The same ideas have been used to analyze the works of Shakespeare. Statisticians Bradley Efron and Ronald Thisted wondered how many words Shakespeare actually knew, many of which he never used. Now, the nationalities at the party correspond to different words in Shakespeares plays and poems. The data collected at the party can be regarded as the first sample. For the Shakespeare question, the first sample consists of the complete known works of Shakespeare, specifically the number of words that are used once, twice, three times, and so forth. Table 1 shows a (small) part of the first sample. The table says that in the works of Shakespeare, 14,376 words were used exactly once, 4343 words were used exactly twice, and so forth. The full table is much larger and continues far beyond 10 occurrences. For example, in the full table, we would see that 5 words were used exactly 100 times and 846 words were used more than 100 times. In his complete works, Shakespeare used 31,534 different words and a grand total of 884,647 words counting repetitions. (The task of counting words is a nontrivial task; the results are compiled in a concordance of the works of Shakespeare.)

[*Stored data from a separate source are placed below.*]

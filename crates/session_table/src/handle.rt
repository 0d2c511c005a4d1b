// A session as a directory hands it out.
ghost use Rattle.std.specs.Prelude.{◌≡◌, [], IfOk, Some, length};
ghost use Rattle.std.specs.Arc.{arc_value};
ghost use Rattle.parked_gate.specs.Passes.{IsPassOf, gate_of, known};
ghost use Rattle.session_table.specs.Opens.{opened_sid};

mod serving;

use crate::directory::MaySplit;
use bosh_types::SharedText;
use entry_queue::{EntryQueue, Noted};
use parked_gate::{Gate, Pass};
use session_journal::{Entered, Entry, Recorded};
use std::alloc::{AllocError, Global};
use std::sync::{Arc, Mutex, Wait};

/// The gate of a session, with a pass to call it with. Nobody else sees either: who holds a handle makes the calls that it has, by this
/// pass, and the directory alone splits one off.
#[derive(Drop)]
pub struct SessionHandle {
    pub sid: SharedText,
    /// How many sessions were opened up to it.
    pub number: u64,
    gate: Arc<Gate<Recorded>, Global>,
    pass: Pass<Recorded>,
    // Where its entries are noted, if they are stored.
    keeper: Option<Arc<EntryQueue>>,
    // The entry of its opening, until it is noted.
    first: Mutex<Option<Entry>>,
    pub ghost fits: { IsPassOf (arc_value gate) pass },
    // The pass has seen that the session was opened under this name.
    pub ghost opened: { opened_sid (known pass).seen ≡ Some sid },
}

impl SessionHandle {
    ghost use Rattle.session_table.specs.Handles.{IsSplitOf, IsSameHandle};

    /// The session of this gate, with the pass that was made with it.
    pub(crate) fn new(
        sid: SharedText,
        number: u64,
        gate: Arc<Gate<Recorded>, Global>,
        pass: Pass<Recorded>,
        keeper: Option<Arc<EntryQueue>>,
    ) -> SessionHandle
        requires fits { IsPassOf (arc_value gate) pass }
        requires opened { opened_sid (known pass).seen ≡ Some sid }
        ensures sid { result.sid ≡ sid }
        ensures number { result.number ≡ number }
        ensures gate { result.gate ≡ gate }
        ensures pass { result.pass ≡ pass }
    {
        SessionHandle {
            sid,
            number,
            gate,
            pass,
            keeper,
            first: Mutex::new(None),
        }
    }

    /// The session's gate, by which no call can be made without a pass.
    pub(crate) fn gate(&self) -> &Gate<Recorded>
        ensures { result.now ≡ arc_value self.now.gate }
    {
        &self.gate
    }

    /// The number under which the handle's pass makes its entries.
    pub fn caller(&self) -> u32
        ensures { result ≡ (known self.now.pass).number }
    {
        self.pass.number()
    }

    /// How many entries of the session's history the handle's pass has seen.
    pub fn seen(&self) -> u64
        ensures { result ≡ length (known self.now.pass).seen }
    {
        self.pass.length()
    }

    /// Another handle of the session, with a pass of its own, whose holder is to note this entry of the session's opening, if one. The only error is
    /// want of memory.
    pub(crate) fn split(
        &mut self,
        _leave: MaySplit,
        first: Option<Entry>,
    ) -> Result<SessionHandle, AllocError>
        ensures same { IsSameHandle self.old self.new }
        ensures split { IfOk result (IsSplitOf self.old) }
    {
        let sid = self.sid.again()?;
        let gate = Arc::try_clone(&self.gate)?;
        let pass = self.gate.try_split(&mut self.pass).ok_or(AllocError)?;
        Ok(SessionHandle {
            sid,
            number: self.number,
            gate,
            pass,
            keeper: keeper_of(&self.keeper)?,
            first: Mutex::new(first),
        })
    }

    /// Notes the entry of the session's opening, where that is to be done.
    pub(crate) fn note_first<R: Wait>(&self, rt: &R) {
        let first = self.first.lock(rt).take();
        if let Some(entry) = first {
            self.note_at(rt, 0, entry);
        }
    }

    // Notes the entry that its pass made last, which is the last that it has seen.
    fn note<R: Wait>(&self, rt: &R, call: Entered) {
        self.note_at(rt, self.seen().saturating_sub(1), Entry { caller: 0, call });
    }

    fn note_at<R: Wait>(&self, rt: &R, index: u64, entry: Entry) {
        if let Some(keeper) = &self.keeper {
            keeper.note(
                rt,
                Noted {
                    session: self.number,
                    index,
                    entry,
                },
            );
        }
    }
}

// One more holder of the queue, if there is one.
pub(crate) fn keeper_of(
    keeper: &Option<Arc<EntryQueue>>,
) -> Result<Option<Arc<EntryQueue>>, AllocError> {
    match keeper {
        Some(keeper) => Ok(Some(Arc::try_clone(keeper)?)),
        None => Ok(None),
    }
}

Table 1. The number of words in the complete works of Shakespeare that are use once, twice, up to ten times.
Given the full table for the first sample, we can now ask a hypothetical question: Suppose a second, new and different, sample of Shakespeares works was discovered of the same size as the first sample. How many words could we expect to find in the second sample that were not used in the first sample? We would expect there to be fewer new words in the second sample, because the first sample, every first occurrence of word is new, even a common word like the; in the second sample, those common words are no longer new. But how many fewer new words would be expected in the second sample? Efron and Thisted were able to estimate that 11,430 words would appear in the second sample that did not appear in the first sample.
This argument was repeated with a third, fourth, fifth sample, and so on. Each sample corresponds to discovering a new and different complete works of Shakespeare. For each sample, it is possible to estimate the number of new words that appear that have not appeared before. With each new sample, the number of new words decreases, but the total number of words used increases. Eventually, given enough samples, the number of new words approaches about 35,000. This means that in addition the 31,534 words that Shakespeare knew and used, there were approximately 35,000 words that he knew but didnt use. Thus, we can estimate that Shakespeare knew approximately 66,534 words.